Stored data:
▬▬▬▬▬▬▬▬▬▬

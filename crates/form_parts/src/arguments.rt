//! Arguments: `[n :=] [ByVal or #] e`, or nothing where one is left out.
ghost use Rattle.std.specs.Prelude.{◌≡◌, IfOk};
ghost use Rattle.form_parts.specs.Arguments.{is_mark, argument_name, past_name, begins_marked, past_mark};
ghost use Rattle.form_parts.specs.Now.{now_of};

use crate::answer::{Part, PartFail};
use crate::expressions::expression;
use crate::parts::name_of;
use crate::words::is_key;
use std::alloc::Global;
use up_base::{Mem, Name};
use vb_tree::{Arg6, Sign, Token, TokenKind};

// Whether a token is ByVal or `#`.
fn is_mark(token: &Token) -> bool
    ensures { result ≡ is_mark token.now.kind }
{
    is_key(token, b"byval") || matches!(&token.kind, TokenKind::Sign(Sign::Hash))
}

// The name before `:=`.
fn argument_name(tokens: &[Token]) -> Option<&Name>
    ensures { now_of result ≡ argument_name tokens.now }
{
    let [first, second, ..] = tokens else {
        return None;
    };
    let TokenKind::Sign(Sign::ColonEqual) = &second.kind else {
        return None;
    };
    match name_of(first) {
        Some((name, _)) => Some(name),
        None => None,
    }
}

fn past_name(tokens: &[Token]) -> &[Token]
    ensures { result.now ≡ past_name tokens.now }
{
    match argument_name(tokens) {
        Some(_) => match tokens {
            [_, _, rest @ ..] => rest,
            _ => &tokens[..0],
        },
        None => tokens,
    }
}

fn begins_marked(tokens: &[Token]) -> bool
    ensures { result ≡ begins_marked tokens.now }
{
    match tokens {
        [first, ..] => is_mark(first),
        [] => false,
    }
}

fn past_mark(tokens: &[Token]) -> &[Token]
    ensures { result.now ≡ past_mark tokens.now }
{
    match tokens {
        [first, rest @ ..] => { if is_mark(first) { rest } else { tokens } }
        [] => tokens,
    }
}

fn copy_name(alloc: Global, name: Option<&Name>) -> Result<Option<Name>, Mem>
    ensures { IfOk result (λ copy. copy ≡ now_of name.entry) }
{
    match name {
        Some(name) => Ok(Some(name.copy(alloc)?)),
        None => Ok(None),
    }
}

impl Part for Arg6 {
    ghost use Rattle.form_parts.specs.Arguments.{Argument, argument_of, IsArgument, argument_depth};

    ghost Plain = { Argument };

    ghost view = { argument_of };

    ghost Is = { IsArgument };

    ghost depth = { argument_depth };

    fn read(alloc: Global, tokens: &[Token]) -> Result<Arg6, PartFail> {
        if tokens.is_empty() {
            return Ok(Arg6 {
                name: None,
                marked: false,
                value: None,
            });
        }
        let name = copy_name(alloc, argument_name(tokens))?;
        let valued = past_name(tokens);
        let marked = begins_marked(valued);
        match expression(alloc, past_mark(valued)) {
            Ok(value) => Ok(Arg6 {
                name,
                marked,
                value: Some(value),
            }),
            Err(e) => Err(e),
        }
    }
}
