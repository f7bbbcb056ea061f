//! What several forms of lines are made of, each with one reader over a slice of tokens.
#![tactic(auto)]

mod answer;
mod arguments;
mod cases;
mod chains;
mod cuts;
mod expressions;
mod lists;
mod parts;
mod redims;
mod tokens;
mod words;

pub use answer::{Part, PartFail, both};
pub use chains::{Link, callee_length, is_callee, is_target, last_link};
pub use cuts::{Separator, parted};
pub use expressions::{before_word, callee, expression, target};
pub use lists::{fitted, items};
pub use parts::{label, name_of};
pub use tokens::copied;
pub use words::is_key;
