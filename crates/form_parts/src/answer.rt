//! What a reader of a part answers.
ghost use Rattle.std.specs.Prelude.{◌≡◌, ℕ, List};
ghost use Rattle.vb_tree.specs.declared.token.Token.{Token};
ghost use Rattle.form_parts.specs.Answer.{Answers, both_of};

use std::alloc::{AllocError, AllocFailed, Global};
use thiserror::Error;
use up_base::Mem;
use vb_tree::Token;

/// Why a part was not read.
#[derive(Debug, Drop, Error)]
pub enum PartFail {
    #[error("the tokens are no such part")]
    NotFound,
    #[error("the part is more than 64 deep")]
    TooDeep,
    #[error("out of memory")]
    Mem,
}

impl From<Mem> for PartFail {
    ghost use Rattle.form_parts.specs.declared.answer.PartFail.TheVariants as fail;

    ghost from_gives = { λ _ e. e ≡ fail.Mem };

    fn from(_: Mem) -> PartFail {
        PartFail::Mem
    }
}

impl From<AllocError> for PartFail {
    ghost use Rattle.form_parts.specs.declared.answer.PartFail.TheVariants as fail;

    ghost from_gives = { λ _ e. e ≡ fail.Mem };

    fn from(_: AllocError) -> PartFail {
        PartFail::Mem
    }
}

impl<T: Drop> From<AllocFailed<T>> for PartFail {
    ghost use Rattle.form_parts.specs.declared.answer.PartFail.TheVariants as fail;

    ghost from_gives = { λ _ e. e ≡ fail.Mem };

    fn from(_: AllocFailed<T>) -> PartFail {
        PartFail::Mem
    }
}

/// A part that a whole slice of tokens can be.
pub trait Part: Drop {
    ghost Plain: { Type 0 };

    ghost view: { Self → Plain };

    ghost Is: { List Token → Plain → Type 0 };

    ghost depth: { Plain → ℕ };

    /// Reads the part that all of the tokens are.
    fn read(alloc: Global, tokens: &[Token]) -> Result<Self, PartFail>
        ensures { Answers view (Is tokens.now) depth result };
}

/// Both answers, or the worse of the failures: want of memory, then no such part, then one that is too deep.
pub fn both<A: Drop, B: Drop>(
    first: Result<A, PartFail>,
    second: Result<B, PartFail>,
) -> Result<(A, B), PartFail>
    ensures { result ≡ both_of first second }
{
    match first {
        Ok(a) => match second {
            Ok(b) => Ok((a, b)),
            Err(e) => Err(e),
        },
        Err(PartFail::NotFound) => match second {
            Err(PartFail::Mem) => Err(PartFail::Mem),
            Err(PartFail::NotFound) => Err(PartFail::NotFound),
            Err(PartFail::TooDeep) => Err(PartFail::NotFound),
            Ok(_) => Err(PartFail::NotFound),
        },
        Err(PartFail::TooDeep) => match second {
            Err(e) => Err(e),
            Ok(_) => Err(PartFail::TooDeep),
        },
        Err(PartFail::Mem) => Err(PartFail::Mem),
    }
}
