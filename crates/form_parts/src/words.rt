//! Words of forms.
ghost use Rattle.std.specs.Prelude.{◌≡◌};
ghost use Rattle.form_parts.specs.Words.{is_key};

use vb_tree::{Suffix, Token, TokenKind};

/// Whether a token is a keyword, given in small letters: a word without brackets and without suffix, in any case.
pub fn is_key(token: &Token, word: &[u8]) -> bool
    ensures { result ≡ is_key word.now token.now }
{
    match &token.kind {
        TokenKind::Word(name, Suffix::Absent) => name.lower_bytes() == word,
        _ => false,
    }
}
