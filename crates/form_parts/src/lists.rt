//! Lists of parts with separators between them.
ghost use Rattle.std.specs.Prelude.{◌≡◌, map};
ghost use Rattle.form_parts.specs.Answer.{Answers, worse};
ghost use Rattle.form_parts.specs.Cuts.{pieces, Each};
ghost use Rattle.form_parts.specs.Items.{deepest, one_more, IsOrMem};

use crate::answer::{Part, PartFail};
use crate::cuts::{Separator, parted};
use std::alloc::Global;
use up_base::Sequence;
use vb_tree::Token;

// Of two failures the one that goes before the other.
fn worse(first: PartFail, second: PartFail) -> PartFail
    ensures { result ≡ worse first second }
{
    match first {
        PartFail::NotFound => match second {
            PartFail::Mem => PartFail::Mem,
            PartFail::NotFound => PartFail::NotFound,
            PartFail::TooDeep => PartFail::NotFound,
        },
        PartFail::TooDeep => second,
        PartFail::Mem => PartFail::Mem,
    }
}

// The items and one more.
fn one_more<T: Drop>(
    so_far: Result<Sequence<T>, PartFail>,
    item: Result<T, PartFail>,
) -> Result<Sequence<T>, PartFail>
    ensures { IsOrMem (one_more so_far item) result }
{
    match so_far {
        Ok(mut items) => match item {
            Ok(item) => match items.push(item) {
                Ok(()) => Ok(items),
                Err(_) => Err(PartFail::Mem),
            },
            Err(e) => Err(e),
        },
        Err(e) => match item {
            Ok(_) => Err(e),
            Err(f) => Err(worse(e, f)),
        },
    }
}

/// The parts that stand between the separators outside of parentheses; all of the tokens are one part where there is none.
pub fn items<T: Part>(
    alloc: Global,
    separator: Separator,
    tokens: &[Token],
) -> Result<Sequence<T>, PartFail>
    ensures { Answers (map T.view) (Each T.Is (pieces separator tokens.now)) (deepest T.depth) result }
{
    let mut so_far = Ok(Sequence::with_capacity(alloc, 1)?);
    let mut rest = tokens;
    while let Some((piece, after)) = parted(separator, rest) {
        so_far = one_more(so_far, T::read(alloc, piece));
        rest = after;
    }
    fitted(one_more(so_far, T::read(alloc, rest)))
}

/// The same answer, with its list in no more memory than it fills.
pub fn fitted<T: Drop>(read: Result<Sequence<T>, PartFail>) -> Result<Sequence<T>, PartFail>
    ensures { result ≡ read }
{
    match read {
        Ok(mut items) => {
            items.shrink_to_fit();
            Ok(items)
        }
        Err(fail) => Err(fail),
    }
}
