/// An argument list behind an expression.
pub fn list_meaning(
    alloc: Global,
    context: Context<'_>,
    meaning: Meaning,
    args: Vec<Supplied>,
) -> Result<Meaning, Mem>
    requires { IsContext context }
    ensures { IfOk result (λ m. meaning_of m ≡ list_meaning (declared_in context.entry) (meaning_of meaning) (map supplied_of args.items)) }
{
    match meaning {
        Meaning::Value(t) => Ok(value_list(alloc, context, t, args)?),
        Meaning::Procedure(p, qualified, of, given) => Ok(behind_procedure(
            alloc, context, p, qualified, of, given, args,
        )?),
        Meaning::Library(call, given) => Ok(behind_library(alloc, context, call, given, args)?),
        Meaning::Module(_) => Ok(without_list(3, &args)),
        Meaning::Enum(_) => Ok(without_list(3, &args)),
        Meaning::Err => Ok(without_list(19, &args)),
        Meaning::ErrMember(member, given) => Ok(behind_err_member(member, given, args)),
    }
}

// ---- single words

/// Me, which a standard module has not.
pub fn me_value(scope: Scope<'_>) -> Typed
    requires { IsContext scope.context }
    ensures { typed_of result ≡ me_value (scope_of scope.entry) }
{
    match class_of_file(scope.context, scope.site.file) {
        Some(class) => Typed::Known(BoundExpr {
            ty: Type6::Class(class),
            node: BoundNode::Me,
        }),
        None => Typed::breaks(3),
    }
}

/// What the innermost With keeps.
pub fn kept_value(alloc: Global, kept: &Kept) -> Result<Typed, Mem>
    ensures { IfOk result (λ t. typed_of t ≡ kept_value (kept_of kept.now)) }
{
    match kept {
        Kept::Nothing => Ok(Typed::breaks(3)),
        Kept::Keeps(ty, root) => {
            let ty = copy_type(alloc, ty)?;
            let node = BoundNode::WithObject(*root);
            Ok(Typed::Known(BoundExpr { ty, node }))
        }
        Kept::Unknown(cause) => Ok(Typed::Unknown(Flaw {
            rules: RuleSet::new(),
            cause: *cause,
        })),
    }
}

fn new_of(found: Use6) -> Typed
    ensures { typed_of result ≡ new_of found }
{
    match found {
        Use6::Class(class) => Typed::Known(BoundExpr {
            ty: Type6::Class(class.0),
            node: BoundNode::New(class),
        }),
        Use6::Ambiguous => Typed::breaks(20),
        _ => Typed::breaks(3),
    }
}

/// A new object of a class.
pub fn new_value(scope: Scope<'_>, name: &Name) -> Typed
    requires { IsContext scope.context }
    ensures { typed_of result ≡ new_value (scope_of scope.entry) name.now }
{
    let context = scope.context;
    new_of(found_type(context.tables, &context.declared, scope.site, name))
}

fn type_flaw_of(found: Use6) -> Flaw
    ensures { result ≡ type_flaw_of found }
{
    match found {
        Use6::Ambiguous => Flaw::breaks(20),
        Use6::Undeclared => Flaw::breaks(3),
        _ => Flaw::new(),
    }
}

fn type_flaw(scope: Scope<'_>, name: &Name) -> Flaw
    requires { IsContext scope.context }
    ensures { result ≡ type_flaw (scope_of scope.entry) (lower_case name.now) }
{
    if is_type_name(name) {
        return Flaw::new();
    }
    let context = scope.context;
    type_flaw_of(found_type(context.tables, &context.declared, scope.site, name))
}

/// A test of a type, which isn't translated.
pub fn type_test(scope: Scope<'_>, t: &Typed, name: &Name) -> Typed
    requires { IsContext scope.context }
    ensures { typed_of result ≡ type_test (scope_of scope.entry) (typed_of t.now) name.now }
{
    let flaw = Flaw::breaks(2).together(t.flaw());
    Typed::Unknown(flaw.together(type_flaw(scope, name)))
}
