//! Tokens once more.
ghost use Rattle.std.specs.Prelude.{◌≡◌, IfOk};

use std::alloc::Global;
use up_base::{Mem, Sequence, Wide};
use vb_tree::{Literal6, Token, TokenKind, Tokens};

fn copied_text(alloc: Global, text: &Wide) -> Result<Wide, Mem>
    ensures { IfOk result (λ copy. copy ≡ text.now) }
{
    Wide::from_slice(alloc, text.as_slice())
}

fn copied_literal(alloc: Global, literal: &Literal6) -> Result<Literal6, Mem>
    ensures { IfOk result (λ copy. copy ≡ literal.now) }
{
    Ok(match literal {
        Literal6::Int(value, spelt) => Literal6::Int(*value, *spelt),
        Literal6::Long(value, spelt) => Literal6::Long(*value, *spelt),
        Literal6::Cur(value) => Literal6::Cur(*value),
        Literal6::Plain(value) => Literal6::Plain(*value),
        Literal6::Floating => Literal6::Floating,
        Literal6::Date => Literal6::Date,
        Literal6::Str(text) => Literal6::Str(copied_text(alloc, text)?),
    })
}

fn copied_kind(alloc: Global, kind: &TokenKind) -> Result<TokenKind, Mem>
    ensures { IfOk result (λ copy. copy ≡ kind.now) }
{
    Ok(match kind {
        TokenKind::Word(name, suffix) => TokenKind::Word(name.copy(alloc)?, *suffix),
        TokenKind::Bracketed(name, suffix) => TokenKind::Bracketed(name.copy(alloc)?, *suffix),
        TokenKind::Lit(literal) => TokenKind::Lit(copied_literal(alloc, literal)?),
        TokenKind::Sign(sign) => TokenKind::Sign(*sign),
    })
}

fn copied_token(alloc: Global, token: &Token) -> Result<Token, Mem>
    ensures { IfOk result (λ copy. copy ≡ token.now) }
{
    Ok(Token {
        kind: copied_kind(alloc, &token.kind)?,
        line: token.line,
        from: token.from,
        to: token.to,
    })
}

/// The same tokens once more.
pub fn copied(alloc: Global, tokens: &[Token]) -> Result<Tokens, Mem>
    ensures { IfOk result (λ copies. copies ≡ tokens.now) }
{
    let mut copies = Sequence::new(alloc);
    for token in tokens {
        copies.push(copied_token(alloc, token)?)?;
    }
    Ok(copies)
}
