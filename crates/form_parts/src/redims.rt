//! Arrays of a ReDim: `l(b) [As t]`.
ghost use Rattle.std.specs.Prelude.{◌≡◌, List, MatchOption, option_map};
ghost use Rattle.vb_tree.specs.declared.token.Token.{Token};
ghost use Rattle.vb_tree.specs.View.{type_name_of};
ghost use Rattle.form_parts.specs.Answer.{Answers};
ghost use Rattle.form_parts.specs.Redims.{IsParted, IsOptionalType, optional_type_depth};

use crate::answer::{Part, PartFail, both};
use crate::chains::callee_length;
use crate::cuts::{Separator, parted};
use crate::expressions::callee;
use crate::lists::items;
use crate::words::is_key;
use std::alloc::Global;
use up_base::Sequence;
use vb_tree::{Bounds6, ReDimItem6, Sign, Token, TokenKind, TypeName6};

// The tokens of an array, those of its bounds, and what stands behind them.
fn array_parts(tokens: &[Token]) -> Option<(&[Token], &[Token], &[Token])>
    ensures { MatchOption result
        ((array bounds after : List Token) → IsParted tokens.now array bounds after → ⊥)
        (λ f. IsParted tokens.now f.0.now f.1.now f.2.now) }
{
    let (array, rest) = tokens.split_at(callee_length(tokens));
    let [paren, inside @ ..] = rest else {
        return None;
    };
    let TokenKind::Sign(Sign::OpenParen) = &paren.kind else {
        return None;
    };
    let (bounds, after) = parted(Separator::Closing, inside)?;
    Some((array, bounds, after))
}

// The type behind As, if any token stands there.
fn optional_type(alloc: Global, tokens: &[Token]) -> Result<Option<TypeName6>, PartFail>
    ensures { Answers (option_map type_name_of) (IsOptionalType tokens.now) optional_type_depth result }
{
    let [first, rest @ ..] = tokens else {
        return Ok(None);
    };
    if !is_key(first, b"as") {
        return Err(PartFail::NotFound);
    }
    match TypeName6::read(alloc, rest) {
        Ok(ty) => Ok(Some(ty)),
        Err(e) => Err(e),
    }
}

impl Part for ReDimItem6 {
    ghost use Rattle.vb_tree.specs.Tree.{ReDimItem};
    ghost use Rattle.vb_tree.specs.View.{redim_item_of};
    ghost use Rattle.form_parts.specs.Redims.{IsReDimItem, redim_depth};

    ghost Plain = { ReDimItem };

    ghost view = { redim_item_of };

    ghost Is = { IsReDimItem };

    ghost depth = { redim_depth };

    fn read(alloc: Global, tokens: &[Token]) -> Result<ReDimItem6, PartFail> {
        let Some((array, bounds, after)) = array_parts(tokens) else {
            return Err(PartFail::NotFound);
        };
        let bounds: Result<Sequence<Bounds6>, PartFail> = items(alloc, Separator::Comma, bounds);
        match both(
            both(callee(alloc, array), bounds),
            optional_type(alloc, after),
        ) {
            Ok(parts) => Ok(ReDimItem6 {
                array: parts.0.0,
                bounds: parts.0.1,
                ty: parts.1,
            }),
            Err(e) => Err(e),
        }
    }
}
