//! Items of a Case: `e`, `e To e`, or `Is` with a comparison and `e`.
ghost use Rattle.std.specs.Prelude.{◌≡◌, true, false};
ghost use Rattle.vb_tree.specs.View.{case_item_of};
ghost use Rattle.form_parts.specs.Answer.{Answers};
ghost use Rattle.form_parts.specs.Cases.{comparison, begins_is, IsCaseItem, case_depth};

use crate::answer::{Part, PartFail, both};
use crate::expressions::{before_word, expression};
use crate::words::is_key;
use std::alloc::Global;
use vb_tree::{BinOp, CaseItem6, Sign, Token, TokenKind};

// The comparison that a token is.
fn comparison(token: &Token) -> Option<BinOp>
    ensures { result ≡ comparison token.now.kind }
{
    let TokenKind::Sign(sign) = &token.kind else {
        return None;
    };
    match sign {
        Sign::Equal => Some(BinOp::Equal),
        Sign::NotEqual => Some(BinOp::NotEqual),
        Sign::Less => Some(BinOp::Less),
        Sign::Greater => Some(BinOp::Greater),
        Sign::LessEqual => Some(BinOp::LessEqual),
        Sign::GreaterEqual => Some(BinOp::GreaterEqual),
        _ => None,
    }
}

fn begins_is(tokens: &[Token]) -> bool
    ensures { result ≡ begins_is tokens.now }
{
    match tokens {
        [first, ..] => is_key(first, b"is"),
        [] => false,
    }
}

// `Is` with a comparison and an expression.
fn test(alloc: Global, tokens: &[Token]) -> Result<CaseItem6, PartFail>
    requires { begins_is tokens.now ≡ true }
    ensures { Answers case_item_of (IsCaseItem tokens.now) case_depth result }
{
    let [_, sign, rest @ ..] = tokens else {
        return Err(PartFail::NotFound);
    };
    let Some(op) = comparison(sign) else {
        return Err(PartFail::NotFound);
    };
    match expression(alloc, rest) {
        Ok(value) => Ok(CaseItem6::Is(op, value)),
        Err(e) => Err(e),
    }
}

// `e To e`, or `e` alone.
fn value(alloc: Global, tokens: &[Token]) -> Result<CaseItem6, PartFail>
    requires { begins_is tokens.now ≡ false }
    ensures { Answers case_item_of (IsCaseItem tokens.now) case_depth result }
{
    match before_word(alloc, tokens, b"to")? {
        Some((before, after)) => {
            match both(expression(alloc, before), expression(alloc, after)) {
                Ok((lower, upper)) => Ok(CaseItem6::Range(lower, upper)),
                Err(e) => Err(e),
            }
        }
        None => match expression(alloc, tokens) {
            Ok(value) => Ok(CaseItem6::Value(value)),
            Err(e) => Err(e),
        },
    }
}

impl Part for CaseItem6 {
    ghost use Rattle.vb_tree.specs.Tree.{CaseItem};
    ghost use Rattle.vb_tree.specs.View.{case_item_of};
    ghost use Rattle.form_parts.specs.Cases.{IsCaseItem, case_depth};

    ghost Plain = { CaseItem };

    ghost view = { case_item_of };

    ghost Is = { IsCaseItem };

    ghost depth = { case_depth };

    fn read(alloc: Global, tokens: &[Token]) -> Result<CaseItem6, PartFail> {
        if begins_is(tokens) {
            test(alloc, tokens)
        } else {
            value(alloc, tokens)
        }
    }
}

▬▬▬▬▬▬▬▬▬▬

**Task to carry out**
Using the data above, repeat exactly the lines that begin at the line with "Some(_) => match" and end at the line with "fn past_mark(tokens: &[Token]) -> &[Token]", both ends included.

**Task solution**
        Some(_) => match tokens {
            [_, _, rest @ ..] => rest,
            _ => &tokens[..0],
        },
        None => tokens,
    }
}

fn begins_marked(tokens: &[Token]) -> bool
    ensures { result ≡ begins_marked tokens.now }
{
    match tokens {
        [first, ..] => is_mark(first),
        [] => false,
    }
}

fn past_mark(tokens: &[Token]) -> &[Token]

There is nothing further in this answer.